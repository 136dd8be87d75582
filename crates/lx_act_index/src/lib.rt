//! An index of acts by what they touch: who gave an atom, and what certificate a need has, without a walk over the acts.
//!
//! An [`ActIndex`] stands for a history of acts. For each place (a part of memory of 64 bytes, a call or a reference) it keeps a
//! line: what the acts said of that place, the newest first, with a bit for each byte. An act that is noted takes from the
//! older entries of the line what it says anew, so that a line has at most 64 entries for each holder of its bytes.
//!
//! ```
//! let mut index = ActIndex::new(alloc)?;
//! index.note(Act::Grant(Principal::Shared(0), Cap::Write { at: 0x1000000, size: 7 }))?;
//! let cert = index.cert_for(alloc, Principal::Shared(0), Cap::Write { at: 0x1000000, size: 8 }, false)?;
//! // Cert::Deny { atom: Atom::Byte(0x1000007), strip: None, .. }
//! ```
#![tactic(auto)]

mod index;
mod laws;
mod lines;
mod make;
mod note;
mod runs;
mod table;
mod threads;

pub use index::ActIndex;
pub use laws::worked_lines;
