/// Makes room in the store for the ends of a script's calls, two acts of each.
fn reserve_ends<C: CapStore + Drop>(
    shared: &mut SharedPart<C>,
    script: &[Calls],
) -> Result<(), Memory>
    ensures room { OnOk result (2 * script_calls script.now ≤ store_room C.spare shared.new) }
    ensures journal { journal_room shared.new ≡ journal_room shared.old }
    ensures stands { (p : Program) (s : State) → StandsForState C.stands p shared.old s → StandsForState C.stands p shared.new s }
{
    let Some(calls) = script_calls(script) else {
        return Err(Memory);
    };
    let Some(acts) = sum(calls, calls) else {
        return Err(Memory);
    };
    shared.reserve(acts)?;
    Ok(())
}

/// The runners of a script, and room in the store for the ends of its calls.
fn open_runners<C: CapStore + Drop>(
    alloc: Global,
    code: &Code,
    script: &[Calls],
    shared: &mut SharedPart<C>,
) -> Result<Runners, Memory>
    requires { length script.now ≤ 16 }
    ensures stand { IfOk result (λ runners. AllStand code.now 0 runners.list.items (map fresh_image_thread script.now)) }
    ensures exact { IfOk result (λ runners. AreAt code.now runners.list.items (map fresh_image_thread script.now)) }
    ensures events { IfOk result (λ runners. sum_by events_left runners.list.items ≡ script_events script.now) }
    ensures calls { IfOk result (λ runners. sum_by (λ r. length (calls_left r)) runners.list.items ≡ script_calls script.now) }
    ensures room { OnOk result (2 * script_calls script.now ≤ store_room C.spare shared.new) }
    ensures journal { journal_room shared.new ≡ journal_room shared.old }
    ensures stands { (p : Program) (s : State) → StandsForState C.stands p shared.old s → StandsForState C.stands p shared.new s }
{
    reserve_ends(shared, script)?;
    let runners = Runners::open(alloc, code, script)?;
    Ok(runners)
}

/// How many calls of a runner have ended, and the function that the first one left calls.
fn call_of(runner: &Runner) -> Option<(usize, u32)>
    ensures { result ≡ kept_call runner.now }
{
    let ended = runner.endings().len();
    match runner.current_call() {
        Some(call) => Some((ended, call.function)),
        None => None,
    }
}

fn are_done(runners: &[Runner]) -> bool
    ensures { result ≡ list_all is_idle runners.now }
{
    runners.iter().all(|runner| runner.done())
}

● ● ●

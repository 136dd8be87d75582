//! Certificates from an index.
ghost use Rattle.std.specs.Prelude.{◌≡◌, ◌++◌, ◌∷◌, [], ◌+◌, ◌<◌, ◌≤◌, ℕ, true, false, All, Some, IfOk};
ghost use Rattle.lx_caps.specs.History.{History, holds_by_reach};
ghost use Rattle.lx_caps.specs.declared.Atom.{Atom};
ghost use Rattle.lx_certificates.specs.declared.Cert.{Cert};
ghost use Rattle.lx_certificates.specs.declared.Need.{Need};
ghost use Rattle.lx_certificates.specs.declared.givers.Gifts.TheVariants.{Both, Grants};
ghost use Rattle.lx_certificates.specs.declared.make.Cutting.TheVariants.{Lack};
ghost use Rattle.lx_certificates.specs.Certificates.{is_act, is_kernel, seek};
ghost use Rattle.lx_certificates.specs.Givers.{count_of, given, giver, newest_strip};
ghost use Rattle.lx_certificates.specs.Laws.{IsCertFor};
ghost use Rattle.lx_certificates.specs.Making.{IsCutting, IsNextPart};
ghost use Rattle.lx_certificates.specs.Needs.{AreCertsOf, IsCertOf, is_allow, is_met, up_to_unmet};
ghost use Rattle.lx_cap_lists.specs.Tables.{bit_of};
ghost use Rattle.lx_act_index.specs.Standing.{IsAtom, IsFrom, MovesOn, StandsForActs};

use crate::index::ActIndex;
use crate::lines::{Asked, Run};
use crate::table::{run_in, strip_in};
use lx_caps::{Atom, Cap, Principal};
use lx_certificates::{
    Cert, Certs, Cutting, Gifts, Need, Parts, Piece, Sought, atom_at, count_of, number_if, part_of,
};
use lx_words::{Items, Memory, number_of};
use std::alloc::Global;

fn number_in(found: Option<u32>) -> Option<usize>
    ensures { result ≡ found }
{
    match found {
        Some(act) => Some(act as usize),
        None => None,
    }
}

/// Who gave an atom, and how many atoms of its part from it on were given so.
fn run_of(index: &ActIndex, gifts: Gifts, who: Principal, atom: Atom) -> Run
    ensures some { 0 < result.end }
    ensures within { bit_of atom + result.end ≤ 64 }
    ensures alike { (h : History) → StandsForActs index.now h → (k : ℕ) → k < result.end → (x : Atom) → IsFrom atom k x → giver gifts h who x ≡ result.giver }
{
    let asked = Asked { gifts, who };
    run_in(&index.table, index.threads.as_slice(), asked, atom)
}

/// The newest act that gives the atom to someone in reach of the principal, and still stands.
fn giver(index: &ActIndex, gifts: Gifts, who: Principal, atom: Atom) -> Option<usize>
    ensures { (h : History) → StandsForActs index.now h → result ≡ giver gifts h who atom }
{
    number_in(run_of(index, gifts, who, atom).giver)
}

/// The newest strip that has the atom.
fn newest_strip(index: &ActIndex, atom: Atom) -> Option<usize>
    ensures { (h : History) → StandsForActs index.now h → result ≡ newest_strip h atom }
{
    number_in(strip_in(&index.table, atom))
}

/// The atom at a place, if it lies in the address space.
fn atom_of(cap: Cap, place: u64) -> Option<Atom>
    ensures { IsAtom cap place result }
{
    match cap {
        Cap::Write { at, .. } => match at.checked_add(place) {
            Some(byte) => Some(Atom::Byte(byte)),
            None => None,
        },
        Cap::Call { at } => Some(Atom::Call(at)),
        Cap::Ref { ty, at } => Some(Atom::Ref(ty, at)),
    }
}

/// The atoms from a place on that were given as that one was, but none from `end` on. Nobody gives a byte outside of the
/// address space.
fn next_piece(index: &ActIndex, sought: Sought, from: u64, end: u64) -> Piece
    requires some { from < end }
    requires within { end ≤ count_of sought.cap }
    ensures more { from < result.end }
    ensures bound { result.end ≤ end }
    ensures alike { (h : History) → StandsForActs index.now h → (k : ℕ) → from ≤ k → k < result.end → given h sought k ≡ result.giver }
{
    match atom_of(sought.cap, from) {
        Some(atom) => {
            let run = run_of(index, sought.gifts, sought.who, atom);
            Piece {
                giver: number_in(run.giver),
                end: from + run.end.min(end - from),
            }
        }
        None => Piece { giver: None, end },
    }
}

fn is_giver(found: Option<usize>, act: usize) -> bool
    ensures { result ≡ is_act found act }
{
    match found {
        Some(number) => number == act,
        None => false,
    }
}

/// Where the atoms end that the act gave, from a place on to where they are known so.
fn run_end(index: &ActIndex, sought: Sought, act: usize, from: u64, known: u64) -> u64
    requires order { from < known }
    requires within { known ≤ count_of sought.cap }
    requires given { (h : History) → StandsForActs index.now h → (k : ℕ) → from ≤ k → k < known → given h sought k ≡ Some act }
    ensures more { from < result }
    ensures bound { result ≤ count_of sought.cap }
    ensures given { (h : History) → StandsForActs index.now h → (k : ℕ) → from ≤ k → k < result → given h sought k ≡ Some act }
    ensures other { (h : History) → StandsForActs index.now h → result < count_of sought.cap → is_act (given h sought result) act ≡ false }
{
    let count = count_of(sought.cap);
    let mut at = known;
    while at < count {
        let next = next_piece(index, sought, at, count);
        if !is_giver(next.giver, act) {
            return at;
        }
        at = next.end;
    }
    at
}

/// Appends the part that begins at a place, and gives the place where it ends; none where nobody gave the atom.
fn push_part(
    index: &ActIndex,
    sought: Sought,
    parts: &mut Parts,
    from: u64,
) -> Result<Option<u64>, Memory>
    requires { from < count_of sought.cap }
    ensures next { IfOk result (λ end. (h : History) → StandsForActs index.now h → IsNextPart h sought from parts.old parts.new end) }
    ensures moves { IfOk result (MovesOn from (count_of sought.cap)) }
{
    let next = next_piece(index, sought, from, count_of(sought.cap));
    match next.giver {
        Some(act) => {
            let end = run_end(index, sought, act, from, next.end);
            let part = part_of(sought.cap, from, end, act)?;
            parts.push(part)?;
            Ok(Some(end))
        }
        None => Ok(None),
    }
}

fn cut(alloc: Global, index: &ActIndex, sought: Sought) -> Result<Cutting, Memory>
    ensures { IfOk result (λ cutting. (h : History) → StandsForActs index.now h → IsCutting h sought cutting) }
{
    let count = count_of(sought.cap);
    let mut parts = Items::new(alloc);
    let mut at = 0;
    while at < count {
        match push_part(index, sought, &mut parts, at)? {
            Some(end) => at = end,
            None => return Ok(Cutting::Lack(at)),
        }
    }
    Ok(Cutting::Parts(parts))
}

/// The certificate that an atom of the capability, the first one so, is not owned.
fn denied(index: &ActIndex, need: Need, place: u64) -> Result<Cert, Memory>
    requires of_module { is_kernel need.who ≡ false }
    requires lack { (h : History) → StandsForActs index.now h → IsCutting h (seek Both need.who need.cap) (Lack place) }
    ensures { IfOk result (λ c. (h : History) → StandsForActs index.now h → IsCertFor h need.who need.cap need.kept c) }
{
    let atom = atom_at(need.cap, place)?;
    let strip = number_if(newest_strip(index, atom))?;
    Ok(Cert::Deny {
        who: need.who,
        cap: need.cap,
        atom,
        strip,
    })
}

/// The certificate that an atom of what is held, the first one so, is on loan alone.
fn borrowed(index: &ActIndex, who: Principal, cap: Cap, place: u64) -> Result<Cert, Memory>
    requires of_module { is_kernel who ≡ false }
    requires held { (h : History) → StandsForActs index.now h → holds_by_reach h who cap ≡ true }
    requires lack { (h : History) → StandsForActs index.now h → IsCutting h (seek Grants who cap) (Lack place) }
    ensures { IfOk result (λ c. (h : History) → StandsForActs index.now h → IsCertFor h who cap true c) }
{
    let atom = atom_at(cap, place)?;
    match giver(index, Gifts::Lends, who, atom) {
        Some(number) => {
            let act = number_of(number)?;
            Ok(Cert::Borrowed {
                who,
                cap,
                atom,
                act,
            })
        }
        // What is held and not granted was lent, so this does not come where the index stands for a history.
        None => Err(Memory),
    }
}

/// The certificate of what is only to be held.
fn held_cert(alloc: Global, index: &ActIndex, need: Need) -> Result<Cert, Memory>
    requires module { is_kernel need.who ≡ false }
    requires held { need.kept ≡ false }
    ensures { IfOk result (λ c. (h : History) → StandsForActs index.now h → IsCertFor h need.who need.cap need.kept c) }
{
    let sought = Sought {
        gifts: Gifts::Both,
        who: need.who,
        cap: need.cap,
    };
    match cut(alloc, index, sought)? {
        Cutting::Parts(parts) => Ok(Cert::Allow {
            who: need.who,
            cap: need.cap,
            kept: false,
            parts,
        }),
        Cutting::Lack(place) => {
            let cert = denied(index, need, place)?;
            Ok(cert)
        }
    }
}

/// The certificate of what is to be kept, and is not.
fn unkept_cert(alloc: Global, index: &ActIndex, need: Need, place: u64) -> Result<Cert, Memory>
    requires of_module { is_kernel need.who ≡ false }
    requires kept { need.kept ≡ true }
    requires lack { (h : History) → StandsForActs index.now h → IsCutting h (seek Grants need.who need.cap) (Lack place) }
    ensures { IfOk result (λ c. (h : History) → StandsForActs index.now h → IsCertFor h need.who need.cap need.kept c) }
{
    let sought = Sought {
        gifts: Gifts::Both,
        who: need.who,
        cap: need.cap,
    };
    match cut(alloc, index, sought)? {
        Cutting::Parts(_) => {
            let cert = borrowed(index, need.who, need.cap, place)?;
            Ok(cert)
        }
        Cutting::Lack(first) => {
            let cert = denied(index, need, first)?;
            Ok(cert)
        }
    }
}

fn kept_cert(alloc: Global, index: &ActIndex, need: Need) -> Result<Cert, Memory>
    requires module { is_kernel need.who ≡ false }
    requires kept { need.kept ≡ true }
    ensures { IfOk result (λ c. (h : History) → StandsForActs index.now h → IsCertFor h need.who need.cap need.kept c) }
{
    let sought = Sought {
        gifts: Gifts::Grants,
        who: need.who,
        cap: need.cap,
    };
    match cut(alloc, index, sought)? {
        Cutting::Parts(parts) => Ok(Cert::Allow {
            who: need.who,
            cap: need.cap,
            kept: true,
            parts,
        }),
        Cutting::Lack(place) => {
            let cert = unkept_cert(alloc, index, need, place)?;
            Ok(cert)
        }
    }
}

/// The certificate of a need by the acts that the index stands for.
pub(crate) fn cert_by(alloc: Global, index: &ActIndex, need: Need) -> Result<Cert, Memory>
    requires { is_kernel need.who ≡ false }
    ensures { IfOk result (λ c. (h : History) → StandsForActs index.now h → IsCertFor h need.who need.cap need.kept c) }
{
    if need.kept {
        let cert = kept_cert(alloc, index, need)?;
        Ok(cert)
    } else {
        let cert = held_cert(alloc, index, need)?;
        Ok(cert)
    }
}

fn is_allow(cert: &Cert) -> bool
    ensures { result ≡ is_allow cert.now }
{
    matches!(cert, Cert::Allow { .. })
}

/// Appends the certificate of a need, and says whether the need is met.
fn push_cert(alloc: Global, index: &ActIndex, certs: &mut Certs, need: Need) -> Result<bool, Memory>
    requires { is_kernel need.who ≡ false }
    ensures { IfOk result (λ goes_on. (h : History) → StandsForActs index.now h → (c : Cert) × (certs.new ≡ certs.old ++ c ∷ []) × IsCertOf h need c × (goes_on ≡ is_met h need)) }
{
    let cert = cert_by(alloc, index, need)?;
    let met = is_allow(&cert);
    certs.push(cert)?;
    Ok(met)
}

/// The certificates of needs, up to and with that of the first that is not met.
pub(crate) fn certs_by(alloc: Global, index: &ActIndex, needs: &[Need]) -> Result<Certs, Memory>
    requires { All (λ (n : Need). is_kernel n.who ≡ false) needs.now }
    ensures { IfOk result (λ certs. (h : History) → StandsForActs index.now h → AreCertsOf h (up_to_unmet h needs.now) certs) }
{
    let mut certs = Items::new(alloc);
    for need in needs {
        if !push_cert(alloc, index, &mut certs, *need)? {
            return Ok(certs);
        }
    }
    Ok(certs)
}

● ● ●

▸ What the task requires
Each line of the listing above that includes the word "CapStore" is to be counted, and only the total reported.

▸ Task answer
2